Task:
Show the lines below where "return" occurs.

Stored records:
○ ○ ○ ○ ○ ○ ○

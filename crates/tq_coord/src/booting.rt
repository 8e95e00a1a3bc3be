// Boots: what a device stands for, with its epoch raised.

ghost use Rattle.std.specs.Prelude.{◌≡◌, ◌≢◌, ◌<◌, ◌≤◌, ◌+◌, List, ℕ, false, IfOk, IfErr, IfSome, IfNone, OnOk, Some, None, get_or, length};
ghost use Rattle.tq_host.specs.View.{Images, AreNow, IsSettled, AreSettled};
ghost use Rattle.tq_host.specs.Within.{KeepsRest, KeepsBeside, Within, WithinAll};
ghost use Rattle.tq_extent.specs.Bytes.{IsQuiet};
ghost use Rattle.tq_model.specs.Site.{Site, last_epoch};
ghost use Rattle.tq_model.specs.Step.{can_boot};
ghost use Rattle.tq_model.specs.DeviceForm.{header_bytes};
ghost use Rattle.tq_model.specs.Reading.{site_found};
ghost use Rattle.tq_devtab.specs.Table.{entry_view};
ghost use Rattle.tq_devtab.specs.InMemory as tables;
ghost use Rattle.tq_site.specs.Journal.{HasEpoch};
ghost use Rattle.tq_coord.specs.Frame.{LeavesOthers, device_count};
ghost use Rattle.tq_coord.specs.Counts.{CountsBoot};
ghost use Rattle.tq_coord.specs.Images.{HasNoNewImage, ImagesMatch, ImagesHaveAny, AreFoundOrBooted, AreOldOrBooted};
ghost use Rattle.tq_coord.specs.Manager.{is_bootable, IsBooted, IsLoaded, IsRaised, IsFileAt, AreFilesAt, site_with, epoch_of};
ghost use Rattle.tq_coord.specs.Together.{place_of, IsFileOf, IsTogether};

use crate::site::Disk;
use crate::{BootFailure, Manager};
use std::alloc::Global;
use tq_devtab::{DeviceTable, TableEntry};
use tq_extent::PageMap;
use tq_host::Host;
use tq_site::SiteJournal;
use tq_spacefile::{SpaceFile, SpacePlace};

// Where the space of an entry lies.
pub(crate) fn place_of(table: &DeviceTable, entry: &TableEntry) -> SpacePlace
    requires { entry.now.ordinal ≤ 268435455 }
    ensures { result ≡ place_of 0 (tables.part_of table.now) (entry_view entry.now) }
{
    SpacePlace {
        dev: 0,
        pages: entry.pages,
        site: table.site(),
        number: 8 * entry.ordinal,
    }
}

// Makes what device 0 reads what a stop leaves, and reads its table; None where it is blank.
fn look<H: Host>(alloc: Global, host: &mut H) -> Result<Option<DeviceTable>, BootFailure>
    ensures blank { IfOk result (λ found. IfNone found (H.tells.reads → length ((H.view host.old).reads 0) < header_bytes)) }
    ensures table { IfOk result (λ found. IfSome found (λ t. H.tells.reads → tables.IsTableOf t ((H.view host.old).reads 0))) }
    ensures dev { IfOk result (λ found. IfSome found (λ t. (tables.dev_of t ≡ 0) × (tables.place_of t ≡ 0))) }
    ensures damaged { result ≡ Err BootFailure.Damaged → H.tells.reads → site_found device_count (H.view host.old).reads ≡ None }
    ensures quiet { IsQuiet 0 (H.view host.old) (H.view host.new) }
    ensures settled { result ≢ Err BootFailure.Device → IsSettled 0 (H.view host.new) }
    ensures failed { CountsBoot result (H.view host.old).faults (H.view host.new).faults }
{
    host.sync(0)?;
    let table = DeviceTable::load(alloc, host, 0, Some(0))?;
    Ok(table)
}

// Loads the space of an entry, if it is used.
fn load_entry<H: Host>(
    alloc: Global,
    host: &mut H,
    table: &DeviceTable,
    index: usize,
    epoch: u32,
) -> Result<Option<SpaceFile>, BootFailure>
    requires within { index < length (tables.part_of table.now).entries }
    requires number { tables.place_of table.now ≡ 0 }
    requires holds { H.tells.reads → tables.IsTableOf table.now ((H.view host.old).reads 0) }
    requires epoch { H.tells.reads → HasEpoch epoch ((H.view host.old).reads 0) }
    ensures fit { IfOk result (λ file. IsFileOf 0 (tables.part_of table.now) (get_or (tables.part_of table.now).entries index None) file) }
    ensures loaded { IfOk result (λ file. H.tells.reads
        → IsFileAt (tables.part_of table.now) epoch (get_or (tables.part_of table.now).entries index None) file ((H.view host.old).reads 0)) }
    ensures damaged { result ≡ Err BootFailure.Damaged → H.tells.reads → site_found device_count (H.view host.old).reads ≡ None }
    ensures quiet { IsQuiet 0 (H.view host.old) (H.view host.new) }
    ensures failed { CountsBoot result (H.view host.old).faults (H.view host.new).faults }
{
    match &table.entries()[index] {
        None => Ok(None),
        Some(entry) => {
            let place = place_of(table, entry);
            let map = PageMap::of(alloc, entry.extents.as_slice())?;
            let file = SpaceFile::load(alloc, host, &place, map, epoch)?;
            Ok(Some(file))
        }
    }
}

// Loads the space of each entry that is used.
fn load_files<H: Host>(
    alloc: Global,
    host: &mut H,
    table: &DeviceTable,
    epoch: u32,
) -> Result<Vec<Option<SpaceFile>>, BootFailure>
    requires number { tables.place_of table.now ≡ 0 }
    requires holds { H.tells.reads → tables.IsTableOf table.now ((H.view host.old).reads 0) }
    requires epoch { H.tells.reads → HasEpoch epoch ((H.view host.old).reads 0) }
    ensures fit { IfOk result (λ files. IsTogether 0 (tables.part_of table.now) files.items) }
    ensures loaded { IfOk result (λ files. H.tells.reads
        → AreFilesAt (tables.part_of table.now) epoch files.items ((H.view host.old).reads 0)) }
    ensures damaged { result ≡ Err BootFailure.Damaged → H.tells.reads → site_found device_count (H.view host.old).reads ≡ None }
    ensures quiet { IsQuiet 0 (H.view host.old) (H.view host.new) }
    ensures failed { CountsBoot result (H.view host.old).faults (H.view host.new).faults }
{
    let mut files = Vec::with_capacity(alloc, 16)?;
    for index in 0..16 {
        let file = load_entry(alloc, host, table, index, epoch)?;
        if files.push(file).is_err() {
            return Err(BootFailure::Memory);
        }
    }
    Ok(files)
}

// Loads the journal and the spaces beside a table.
fn load_disk<H: Host>(alloc: Global, host: &mut H, table: DeviceTable) -> Result<Disk, BootFailure>
    requires dev { (tables.dev_of table ≡ 0) × (tables.place_of table ≡ 0) }
    requires holds { H.tells.reads → tables.IsTableOf table ((H.view host.old).reads 0) }
    ensures loaded { IfOk result (λ d. H.tells.reads → IsLoaded d ((H.view host.old).reads 0)) }
    ensures damaged { result ≡ Err BootFailure.Damaged → H.tells.reads → site_found device_count (H.view host.old).reads ≡ None }
    ensures quiet { IsQuiet 0 (H.view host.old) (H.view host.new) }
    ensures failed { CountsBoot result (H.view host.old).faults (H.view host.new).faults }
{
    let journal = SiteJournal::load(alloc, host, 0)?;
    let files = load_files(alloc, host, &table, journal.epoch())?;
    Ok(Disk {
        table,
        journal,
        files,
    })
}

// Makes what device 0 reads what a stop leaves, and loads it; None where it is blank.
fn find<H: Host>(alloc: Global, host: &mut H) -> Result<Option<Disk>, BootFailure>
    ensures blank { IfOk result (λ found. IfNone found (H.tells.reads → length ((H.view host.old).reads 0) < header_bytes)) }
    ensures loaded { IfOk result (λ found. IfSome found (λ d. H.tells.reads → IsLoaded d ((H.view host.old).reads 0))) }
    ensures damaged { result ≡ Err BootFailure.Damaged → H.tells.reads → site_found device_count (H.view host.old).reads ≡ None }
    ensures quiet { IsQuiet 0 (H.view host.old) (H.view host.new) }
    ensures settled { result ≢ Err BootFailure.Device → IsSettled 0 (H.view host.new) }
    ensures failed { CountsBoot result (H.view host.old).faults (H.view host.new).faults }
{
    match look(alloc, host)? {
        None => Ok(None),
        Some(table) => Ok(Some(load_disk(alloc, host, table)?)),
    }
}

// Raises the epoch that was found, where there is a next one.
fn raise<H: Host>(host: &mut H, disk: Disk) -> Result<Manager, BootFailure>
    requires holds { H.tells.reads → IsLoaded disk ((H.view host.old).reads 0) }
    ensures first { IfOk result (λ m. m.next ≡ 0) }
    ensures raised { IfOk result (λ m. H.tells.reads → IsRaised disk m ((H.view host.new).reads 0)) }
    ensures damaged { result ≡ Err BootFailure.Damaged → epoch_of disk ≡ last_epoch }
    ensures untouched { result ≡ Err BootFailure.Damaged → host.new ≡ host.old }
    ensures left_alone { can_boot (site_with (Some disk) 0) ≡ false → host.new ≡ host.old }
    ensures stop { ((c : List ℕ) → (H.view host.old).may_leave 0 c → IsLoaded disk c)
        → WithinAll (AreFoundOrBooted (site_with (Some disk) 0)) (H.view host.old) (H.view host.new) }
    ensures on { IfOk result (λ m. ((c : List ℕ) → (H.view host.old).may_leave 0 c → IsLoaded disk c) → ImagesMatch m (H.view host.new)) }
    ensures failed { CountsBoot result (H.view host.old).faults (H.view host.new).faults }
    ensures rest { KeepsRest 0 (H.view host.old) (H.view host.new) }
    ensures memory { result ≢ Err BootFailure.Memory }
    ensures others { ((c : List ℕ) → (H.view host.old).may_leave 0 c → IsLoaded disk c) → LeavesOthers (H.view host.old) (H.view host.new) }
{
    if disk.journal.epoch() == u32::MAX {
        return Err(BootFailure::Damaged);
    }
    let mut disk = disk;
    disk.journal.raise_epoch(host)?;
    Ok(Manager {
        disk: Some(disk),
        next: 0,
    })
}

impl Manager {
    /// A boot: finds what device 0 stands for, makes it what a stop leaves, and raises its epoch; the
    /// number of the next message is 0. All memory is taken before the device is written to, so after
    /// `Memory` or `Damaged` nothing is written. Where a device failed, the devices stand for what they
    /// stood for, or for the boot of it.
    pub fn boot<H: Host>(alloc: Global, host: &mut H) -> Result<Manager, BootFailure>
        ensures first { IfOk result (λ m. m.next ≡ 0) }
        ensures booted { IfOk result (λ m. H.tells.reads → IsBooted m (H.view host.old) (H.view host.new)) }
        ensures damaged { result ≡ Err BootFailure.Damaged → H.tells.reads → is_bootable (site_found device_count (H.view host.old).reads) ≡ false }
        ensures untouched { result ≡ Err BootFailure.Damaged → (d : ℕ) → (H.view host.new).reads d ≡ (H.view host.old).reads d }
        ensures stop { H.tells.reads → (sites : List Site) → ((images : Images) → AreNow (H.view host.old) images → ImagesHaveAny sites images)
            → (found : Site) → site_found device_count (H.view host.old).reads ≡ Some found
            → WithinAll (AreOldOrBooted sites found) (H.view host.old) (H.view host.new) }
        ensures left_alone { H.tells.reads → is_bootable (site_found device_count (H.view host.old).reads) ≡ false
            → WithinAll (AreNow (H.view host.old)) (H.view host.old) (H.view host.new) }
        ensures memory { result ≡ Err BootFailure.Memory → WithinAll (AreNow (H.view host.old)) (H.view host.old) (H.view host.new) }
        ensures on { IfOk result (λ m. ImagesMatch m (H.view host.new)) }
        ensures settled { result ≡ Err BootFailure.Damaged → H.tells.reads → (images : Images) → AreNow (H.view host.new) images
            → site_found device_count images ≡ site_found device_count (H.view host.old).reads }
        ensures failed { CountsBoot result (H.view host.old).faults (H.view host.new).faults }
        ensures rest { KeepsBeside (H.view host.old) (H.view host.new) }
        ensures others { LeavesOthers (H.view host.old) (H.view host.new) }
    {
        match find(alloc, host)? {
            None => Ok(Manager {
                disk: None,
                next: 0,
            }),
            Some(disk) => raise(host, disk),
        }
    }
}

○ ○ ○ ○ ○ ○ ○

Task solution:
            return Err(BootFailure::Memory);
        return Err(BootFailure::Damaged);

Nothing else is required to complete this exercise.